::: Materials provided :::

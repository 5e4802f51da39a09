// What a run writes on the output.
ghost use Rattle.std.specs.Prelude.{◌≡◌, ◌≤◌, OnOk, OnErr, Err};
ghost use Rattle.std.specs.Io.KnownBytes.{Appends};
ghost use Rattle.pict_outside.specs.Counts.{Rose};
ghost use Rattle.pict_outside.specs.Bytes.{AppendsFront};
ghost use Rattle.pict_core.specs.Run.{printed_by};
ghost use Rattle.pict_machine.specs.Events.{IsEventOf, label_of};

use itoa::Buffer;
use pict_heap::Heap;
use pict_machine::{Event, RunError};
use pict_outside::{Sink, SinkFailed};
use pict_show_words::printed;

/// Makes one write of the bytes, and none where there are no bytes.
pub fn write_some<O: Sink>(out: &mut O, bytes: &[u8]) -> Result<(), RunError>
    ensures all { OnOk result (Appends (O.taken out.old) (O.taken out.new) bytes.now) }
    ensures part { OnErr result (AppendsFront (O.taken out.old) (O.taken out.new) bytes.now) }
    ensures failed { OnErr result (Rose (O.faults out.old) (O.faults out.new)) }
    ensures sink { OnErr result (result ≡ Err RunError.Sink) }
    ensures faults_stay { O.faults out.old ≤ O.faults out.new }
{
    if bytes.is_empty() {
        return Ok(());
    }
    match out.write(bytes) {
        Ok(()) => Ok(()),
        Err(SinkFailed) => Err(RunError::Sink),
    }
}

/// Makes one write of what a step prints, a word of the heap, and none where that is nothing. No text is copied.
pub fn print_event<O: Sink>(out: &mut O, heap: &Heap, event: &Event) -> Result<(), RunError>
    requires { IsEventOf heap.now event.now }
    ensures all { OnOk result (Appends (O.taken out.old) (O.taken out.new) (printed_by (label_of heap.now event.now))) }
    ensures part { OnErr result (AppendsFront (O.taken out.old) (O.taken out.new) (printed_by (label_of heap.now event.now))) }
    ensures failed { OnErr result (Rose (O.faults out.old) (O.faults out.new)) }
    ensures sink { OnErr result (result ≡ Err RunError.Sink) }
    ensures faults_stay { O.faults out.old ≤ O.faults out.new }
{
    match event {
        Event::Print(word) => {
            let mut digits = Buffer::new();
            write_some(out, printed(heap, *word, &mut digits))
        }
        _ => Ok(()),
    }
}
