// A shelf of one text.

ghost use Rattle.std.specs.Prelude.{◌≡◌, IfOk};

use pict_outside::{Fetched, Shelf, ShelfError};
use pict_syntax::Bytes;
use std::alloc::{AllocError, Global};

/// A shelf of one text under its name. It tells what it holds, and never fails.
#[derive(Drop)]
pub struct OneShelf {
    pub name: Bytes,
    pub text: Bytes,
    /// How often it was asked for another text, counted up to the greatest `u64`.
    pub misses: u64,
}

impl OneShelf {
    /// A shelf of this text, which has missed nothing yet. The only error is want of memory.
    pub fn new(alloc: Global, name: &str, text: Vec<u8>) -> Result<OneShelf, AllocError>
        ensures { IfOk result (λ shelf. (shelf.name ≡ name.now) × (shelf.text ≡ text.items) × (shelf.misses ≡ 0)) }
    {
        Ok(OneShelf {
            name: Bytes::copy_of(alloc, name.as_bytes())?,
            text: Bytes::from_vec(text),
            misses: 0,
        })
    }
}

impl Shelf for OneShelf {
    ghost use Rattle.std.specs.Prelude.{Some};
    ghost use Rattle.pict_top.specs.Origins.{only};

    ghost held = { λ s. Some (only s.name s.text) };

    ghost faults = { λ _. 0 };

    ghost misses = { λ s. s.misses };

    /// Never fails. The count of misses rises by one where it is asked for another name.
    fn fetch(&mut self, alloc: Global, name: &str, limit: u64) -> Result<Fetched, ShelfError> {
        if name.as_bytes() == self.name.slice() {
            let text = self.text.slice();
            let length = text.len() as u64;
            if limit < length {
                return Ok(Fetched::TooLong(length));
            }
            let copy = Vec::from_slice(alloc, text)?;
            return Ok(Fetched::Text(copy));
        }
        self.misses = self.misses.saturating_add(1);
        Ok(Fetched::Missing)
    }
}
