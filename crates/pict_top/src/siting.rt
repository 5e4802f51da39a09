// Runs on several sites, whose events are chosen by a seed.
ghost use Rattle.std.specs.Prelude.{◌≡◌, ◌≤◌, ◌<◌, ◌+◌, ◌-◌, ◌^◌, IfOk, OnErr, Err};
ghost use Rattle.pict_outside.specs.Counts.{Rose};
ghost use Rattle.pict_core.specs.Closed.{IsClosed};
ghost use Rattle.pict_core.specs.Plain.{plain_core};
ghost use Rattle.pict_reduction.specs.Reached.{NoFreeRunIsWrong};
ghost use Rattle.pict_machine.specs.Events.{end_of};
ghost use Rattle.pict_network.specs.Network as plain;
ghost use Rattle.pict_network.specs.Network.{opening_network};
ghost use Rattle.pict_sites.specs.Network.{channels_of, StandsForNetwork, IsNetworkStore};
ghost use Rattle.pict_sites.specs.Runs.{RanOn, BrokeOffOn, IsRightFrom};
ghost use Rattle.pict_view.specs.Watching.{Saw, SawOrTore};
ghost use Rattle.pict_words.specs.Words.{IsSiteCount};
ghost use Rattle.pict_top.specs.Changes.{change_of, GainedFront, FailedWithin};
ghost use Rattle.pict_top.specs.Printed.{form_of, written_after, WrittenInPart, Finished, Somehow};
ghost use Rattle.pict_top.specs.Siting.{NetworkShows};

use crate::form::Form;
use crate::printer::Printer;
use pict_core::Core;
use pict_lower::lower;
use pict_machine::{End, RunError};
use pict_outside::Sink;
use pict_seed::Chooser;
use pict_sites::Network;
use pict_syntax::{FUEL_LIMIT, Names};
use std::alloc::{AllocError, Global};

/// Runs a process on so many sites, for up to `fuel` events, each the one that the seed chooses, and writes what its steps print. No
/// free run of it may be wrong. On an error a beginning of what the run prints was written; `Sink` comes only where the sink's count
/// of faults rose.
pub fn run_sites<O: Sink>(
    alloc: Global,
    names: &Names,
    core: &Core,
    sites: u32,
    seed: u64,
    fuel: u64,
    out: &mut O,
) -> Result<End, RunError>
    requires closed { IsClosed (plain_core core.now) }
    requires sites { IsSiteCount sites }
    requires fuel { fuel ≤ FUEL_LIMIT }
    requires right { NoFreeRunIsWrong (plain_core core.now) }
    ensures ran { IfOk result (λ end. Finished (NetworkShows (plain_core core.now) sites seed fuel) end
        (change_of O.taken O.faults out.old out.new)) }
    ensures sink { result ≡ Err RunError.Sink → Somehow (NetworkShows (plain_core core.now) sites seed fuel)
        (FailedWithin (change_of O.taken O.faults out.old out.new)) }
    ensures memory { result ≡ Err RunError.Memory → Somehow (NetworkShows (plain_core core.now) sites seed fuel)
        (GainedFront (change_of O.taken O.faults out.old out.new)) }
    ensures faults_stay { O.faults out.old ≤ O.faults out.new }
{
    let mut network = match load_network(alloc, core, sites) {
        Ok(network) => network,
        Err(AllocError) => return Err(RunError::Memory),
    };
    let mut chooser = Chooser::new(seed);
    run_network(alloc, names, &mut network, &mut chooser, fuel, out)
}

/// The network that is to run a closed process on so many sites. The only error is want of memory.
fn load_network(alloc: Global, core: &Core, sites: u32) -> Result<Network, AllocError>
    requires closed { IsClosed (plain_core core.now) }
    requires sites { IsSiteCount sites }
    ensures kept { IfOk result (λ network. IsNetworkStore network) }
    ensures stands { IfOk result (λ network. StandsForNetwork network (opening_network (sites - 1) (plain_core core.now))) }
    ensures channels { IfOk result (λ network. channels_of network ≡ 0) }
{
    let code = lower(alloc, core)?;
    Network::load(alloc, code, sites)
}

/// Runs a network, and writes what its steps print.
fn run_network<O: Sink>(
    alloc: Global,
    names: &Names,
    network: &mut Network,
    chooser: &mut Chooser,
    fuel: u64,
    out: &mut O,
) -> Result<End, RunError>
    requires kept { IsNetworkStore network.old }
    requires fuel { fuel ≤ FUEL_LIMIT }
    requires few { channels_of network.old + fuel < 2 ^ 32 }
    requires right { (N : plain.Network) × StandsForNetwork network.old N × IsRightFrom N chooser.old }
    ensures end { IfOk result (λ end. (N : plain.Network) → StandsForNetwork network.old N
        → RanOn (StandsForNetwork network.new) N chooser.old fuel (end_of end)
        (Saw (written_after (form_of Form.Printed names.now)) (O.taken out.old) (O.taken out.new))) }
    ensures broken { OnErr result ((N : plain.Network) → StandsForNetwork network.old N
        → BrokeOffOn (StandsForNetwork network.new) N chooser.old fuel
        (SawOrTore (written_after (form_of Form.Printed names.now)) (WrittenInPart (form_of Form.Printed names.now))
        (O.taken out.old) (O.taken out.new))) }
    ensures sink { result ≡ Err RunError.Sink → Rose (O.faults out.old) (O.faults out.new) }
    ensures faults_stay { O.faults out.old ≤ O.faults out.new }
{
    let mut printer = Printer {
        alloc,
        form: Form::Printed,
        names,
        out,
    };
    network.run(chooser, fuel, &mut printer)
}
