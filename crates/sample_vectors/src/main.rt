// Runs sample vectors. Each line of the input, 24 bytes with its line feed, asks for one call:
//
//     r CCCCCCCC WWWWWWWW----    read the word W under the format code C
//     w CCCCCCCC PPPPPPPPPPPP    write the pair P under the format code C
//
// Each line of the output, 36 bytes with its line feed, has the answer: its number in three decimal
// digits, 000 where the sample was taken; its place; the bytes handed out, a word's with dashes after
// them; and, of a word that was read, 1 where it isn't normal, else 0, a dash of a pair.
//
//     NNN LLLLLLLLLLLLLLLL HHHHHHHHHHHH C
//
// All but the number is in lowercase hexadecimal digits. A line of another form is answered by
// `bad line`.
#![tactic(auto)]

ghost use Rattle.std.specs.Prelude.{◌≡◌, ◌*◌, ◌≤◌, length, IfSome};
ghost use Rattle.cases.specs.Cases.{EndsWithInput};

use cases::{Cases, Stop};
use numbers::Refusal;
use std::io;
use std::io::Read;

// What a line asks for.
#[derive(Clone, Copy)]
enum Request {
    Read { code: u32, word: [u8; 4] },
    Write { code: u32, pair: [u8; 6] },
}

// The value of a hexadecimal digit. Capitals are none, which `char::to_digit` takes too.
fn digit(byte: u8) -> Option<u8>
    ensures { IfSome result (λ value. value ≤ 15) }
{
    match byte {
        b'0'..=b'9' => Some(byte - b'0'),
        b'a'..=b'f' => Some(byte - b'a' + 10),
        _ => None,
    }
}

// The bytes that hexadecimal digits spell, two digits a byte.
fn bytes_of<const N: usize>(digits: &[u8]) -> Option<[u8; N]> {
    let mut bytes = [0; N];
    let (pairs, _) = digits.as_chunks::<2>();
    for (byte, [high, low]) in bytes.iter_mut().zip(pairs) {
        *byte = digit(*high)? * 16 + digit(*low)?;
    }
    Some(bytes)
}

// What a line asks for, where it is of one of the two forms.
fn request_of(line: [u8; 24]) -> Option<Request> {
    if line[1] != b' ' || line[10] != b' ' || line[23] != b'\n' {
        return None;
    }
    let code = u32::from_be_bytes(bytes_of(&line[2..10])?);
    match line[0] {
        b'r' if line.ends_with(b"----\n") => Some(Request::Read {
            code,
            word: bytes_of(&line[11..19])?,
        }),
        b'w' => Some(Request::Write {
            code,
            pair: bytes_of(&line[11..23])?,
        }),
        _ => None,
    }
}

// The hexadecimal digits, by their values.
const DIGITS: [u8; 16] = *b"0123456789abcdef";

// Spells bytes in a reply, two digits a byte.
fn put_digits(bytes: &[u8], out: &mut [u8])
    requires { length out.old ≡ 2 * length bytes.now }
{
    for (i, byte) in bytes.iter().enumerate() {
        out[2 * i] = DIGITS[usize::from(byte / 16)];
        out[2 * i + 1] = DIGITS[usize::from(byte % 16)];
    }
}

// A reply with its number and its place, both 0 where the sample is taken, and dashes for what is handed out.
fn reply_of<T: Copy>(answer: Result<T, Refusal>) -> [u8; 36] {
    let (number, place) = match answer {
        Ok(_) => (0, 0),
        Err(refusal) => (refusal.cause.number(), refusal.place.0),
    };
    let mut reply = *b"000 0000000000000000 ------------ -\n";
    reply[0] = b'0' + number / 100;
    reply[1] = b'0' + number / 10 % 10;
    reply[2] = b'0' + number % 10;
    put_digits(&place.to_be_bytes(), &mut reply[4..20]);
    reply
}

// Prints a reply.
fn send(rt: &impl Print, reply: &[u8; 36]) -> io::Result<()> {
    rt.write_all(reply)
}

// Prints the reply to reading a word, with its count: 1 where the word is not normal, and 0 of a refused one.
fn print_read(rt: &impl Print, code: u32, word: [u8; 4]) -> io::Result<()> {
    let read = sample::read_word(code, word);
    let mut reply = reply_of(read.answer);
    put_digits(&read.pair, &mut reply[21..33]);
    reply[34] = if read.answer.unwrap_or(false) {
        b'1'
    } else {
        b'0'
    };
    send(rt, &reply)
}

// Prints the reply to writing a pair, which has no count.
fn print_written(rt: &impl Print, code: u32, pair: [u8; 6]) -> io::Result<()> {
    let written = sample::write_pair(code, pair);
    let mut reply = reply_of(written.answer);
    put_digits(&written.word, &mut reply[21..29]);
    send(rt, &reply)
}

// The vectors that an input holds.
#[derive(Drop)]
struct Vectors<R> {
    input: R,
}

impl<R: Read> Cases for Vectors<R> {
    // The run is at its end only where the input is.
    ghost step = { λ old answer _. EndsWithInput (R.remaining old.input) answer };

    // Reads a line and answers it.
    fn run_next(&mut self, rt: &impl Print) -> Result<(), Stop> {
        match request_of(cases::read_first(&mut self.input)?) {
            Some(Request::Read { code, word }) => print_read(rt, code, word)?,
            Some(Request::Write { code, pair }) => print_written(rt, code, pair)?,
            None => println!(rt; "bad line")?,
        }
        Ok(())
    }
}

// A line that is cut short is the last.
fn main(rt: HostRuntime) -> io::Result<()> {
    cases::run_all(&rt, "bad line", Vectors { input: rt.reader() })
}
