//! State blocks.

ghost use Rattle.std.specs.Prelude.{◌≡◌, ◌<◌, ◌^◌, [], min, map, length, All, IfOk};
ghost use Rattle.ir_ast.specs.ProgramView.{view_entries, view_global, view_module};
ghost use Rattle.spec_tree.specs.Sorted.{IsFieldSort, key_sizes, sort_of};
ghost use Rattle.spec_tree.specs.View.{size_of, view_field, view_key, view_spec, view_transition};
ghost use Rattle.hk_cert.specs.Steps.{place_of, Gives};
ghost use Rattle.hk_cert.specs.States as definition;

use hk_case::{Case, Obligation};
use hk_cert::CertStop;
use hk_cert::at::At;
use hk_cert::states::{args, entries, object};
use ir_ast::GlobalTable;
use ir_kernel::Kernel;
use ir_layout::KMemory;
use spec_tree::{Field, Sort, Spec, Transition};
use spec_value::{AbstractState, EntryList, count};
use std::alloc::{AllocError, Global};

/// How many globals have an object.
fn objects_in(globals: &GlobalTable, start: &KMemory) -> u32
    requires { length globals.now < 2 ^ 32 }
    ensures { result ≡ min (length globals.now) (length start.now) }
{
    let objects = start.objects();
    let count = globals.len();
    if objects < count as usize {
        objects as u32
    } else {
        count
    }
}

/// Reads the rows of the mutable globals in text order; `start` has the initial bytes of each object.
fn memory_at<'t>(
    alloc: Global,
    globals: &GlobalTable,
    start: &KMemory,
    at: At<'t>,
) -> Result<(KMemory, At<'t>), CertStop>
    requires { length globals.now < 2 ^ 32 }
    ensures { Gives (λ memory. memory) result (definition.memory_from [] (view_entries view_global globals.now) start.now (place_of at.entry)) }
{
    let mut memory = Vec::new(alloc);
    let mut text = at.text;
    let mut line = at.line;
    'each: for k in 0..objects_in(globals, start) {
        let (bytes, after) = object(alloc, globals.at(k), start.bytes(k), At { text, line })?;
        memory.push(bytes)?;
        text = after.text;
        line = after.line;
    }
    Ok((KMemory::new(memory), At { text, line }))
}

/// The size of a key.
fn size_in(key: &Sort) -> u32
    ensures { result ≡ size_of key.now.size }
{
    match key.size {
        Some(size) => size,
        None => 0,
    }
}

/// The sizes of keys.
fn sizes_of(alloc: Global, keys: &[Sort]) -> Result<Vec<u32>, AllocError>
    ensures { IfOk result (λ v. v.items ≡ key_sizes (map view_key keys.now)) }
{
    let mut sizes = Vec::new(alloc);
    'each: for key in keys {
        sizes.push(size_in(key))?;
    }
    Ok(sizes)
}

/// Reads the entries of a field.
fn field_at<'t>(alloc: Global, field: &Field, at: At<'t>) -> Result<(EntryList, At<'t>), CertStop>
    requires { IsFieldSort (sort_of (view_field field.now)) }
    ensures { Gives (λ entries. entries) result (definition.field_at (view_field field.now) (place_of at.entry)) }
{
    let sizes = sizes_of(alloc, field.keys.as_slice())?;
    entries(alloc, field, count(sizes.as_slice()), at)
}

/// Reads the entries of the fields in the order of the class.
fn state_at<'t>(
    alloc: Global,
    fields: &[Field],
    at: At<'t>,
) -> Result<(AbstractState, At<'t>), CertStop>
    requires { All (λ f. IsFieldSort (sort_of f)) (map view_field fields.now) }
    ensures { Gives (λ state. state) result (definition.state_from [] (map view_field fields.now) (place_of at.entry)) }
{
    let mut state = Vec::new(alloc);
    let mut text = at.text;
    let mut line = at.line;
    'each: for field in fields {
        let (entries, after) = field_at(alloc, field, At { text, line })?;
        state.push(entries)?;
        text = after.text;
        line = after.line;
    }
    Ok((AbstractState::of(state), At { text, line }))
}

/// Reads the state block of a machine state.
fn machine_at<'t>(
    alloc: Global,
    kernel: &Kernel,
    initial: &KMemory,
    widths: &[u32],
    at: At<'t>,
) -> Result<(Case, At<'t>), CertStop>
    ensures { Gives (λ case. case) result (definition.machine_at (view_module kernel.now) initial.now widths.now (place_of at.entry)) }
{
    let (numbers, behind) = args(alloc, widths, at)?;
    let globals = &kernel.checked().module().globals;
    let (memory, after) = memory_at(alloc, globals, initial, behind)?;
    Ok((
        Case::Machine {
            memory,
            args: numbers,
        },
        after,
    ))
}

/// Reads the state block of an abstract state.
fn abstract_at<'t>(
    alloc: Global,
    spec: &Spec,
    widths: &[u32],
    at: At<'t>,
) -> Result<(Case, At<'t>), CertStop>
    requires { All (λ f. IsFieldSort (sort_of f)) (view_spec spec.now).fields }
    ensures { Gives (λ case. case) result (definition.abstract_at (view_spec spec.now) widths.now (place_of at.entry)) }
{
    let (numbers, behind) = args(alloc, widths, at)?;
    let (state, after) = state_at(alloc, spec.fields.as_slice(), behind)?;
    Ok((
        Case::Abstract {
            state,
            args: numbers,
        },
        after,
    ))
}

/// Reads the state block of a case that violates an obligation: an abstract state for a property, and a machine state for all others.
pub fn case_at<'t>(
    alloc: Global,
    kernel: &Kernel,
    initial: &KMemory,
    spec: &Spec,
    transition: &Transition,
    obligation: Obligation,
    at: At<'t>,
) -> Result<(Case, At<'t>), CertStop>
    requires { All (λ f. IsFieldSort (sort_of f)) (view_spec spec.now).fields }
    ensures { Gives (λ case. case) result (definition.case_at (view_module kernel.now) initial.now (view_spec spec.now) (view_transition transition.now) obligation (place_of at.entry)) }
{
    let widths = transition.widths.as_slice();
    match obligation {
        Obligation::Property(_) => abstract_at(alloc, spec, widths, at),
        Obligation::Undefined => machine_at(alloc, kernel, initial, widths, at),
        Obligation::Invariant(_) => machine_at(alloc, kernel, initial, widths, at),
        Obligation::State(_) => machine_at(alloc, kernel, initial, widths, at),
        Obligation::ResultValue => machine_at(alloc, kernel, initial, widths, at),
    }
}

:::

The task: In the entries above, the lines from the one bearing "(Appends (O.taken out.old) (O.taken out.new) (printed_by" up to and including the one bearing "λ s. s.misses" should be transcribed exactly; no other line is wanted.

Answer box:
    ensures all { OnOk result (Appends (O.taken out.old) (O.taken out.new) (printed_by (label_of heap.now event.now))) }
    ensures part { OnErr result (AppendsFront (O.taken out.old) (O.taken out.new) (printed_by (label_of heap.now event.now))) }
    ensures failed { OnErr result (Rose (O.faults out.old) (O.faults out.new)) }
    ensures sink { OnErr result (result ≡ Err RunError.Sink) }
    ensures faults_stay { O.faults out.old ≤ O.faults out.new }
{
    match event {
        Event::Print(word) => {
            let mut digits = Buffer::new();
            write_some(out, printed(heap, *word, &mut digits))
        }
        _ => Ok(()),
    }
}
// A shelf of one text.

ghost use Rattle.std.specs.Prelude.{◌≡◌, IfOk};

use pict_outside::{Fetched, Shelf, ShelfError};
use pict_syntax::Bytes;
use std::alloc::{AllocError, Global};

/// A shelf of one text under its name. It tells what it holds, and never fails.
#[derive(Drop)]
pub struct OneShelf {
    pub name: Bytes,
    pub text: Bytes,
    /// How often it was asked for another text, counted up to the greatest `u64`.
    pub misses: u64,
}

impl OneShelf {
    /// A shelf of this text, which has missed nothing yet. The only error is want of memory.
    pub fn new(alloc: Global, name: &str, text: Vec<u8>) -> Result<OneShelf, AllocError>
        ensures { IfOk result (λ shelf. (shelf.name ≡ name.now) × (shelf.text ≡ text.items) × (shelf.misses ≡ 0)) }
    {
        Ok(OneShelf {
            name: Bytes::copy_of(alloc, name.as_bytes())?,
            text: Bytes::from_vec(text),
            misses: 0,
        })
    }
}

impl Shelf for OneShelf {
    ghost use Rattle.std.specs.Prelude.{Some};
    ghost use Rattle.pict_top.specs.Origins.{only};

    ghost held = { λ s. Some (only s.name s.text) };

    ghost faults = { λ _. 0 };

    ghost misses = { λ s. s.misses };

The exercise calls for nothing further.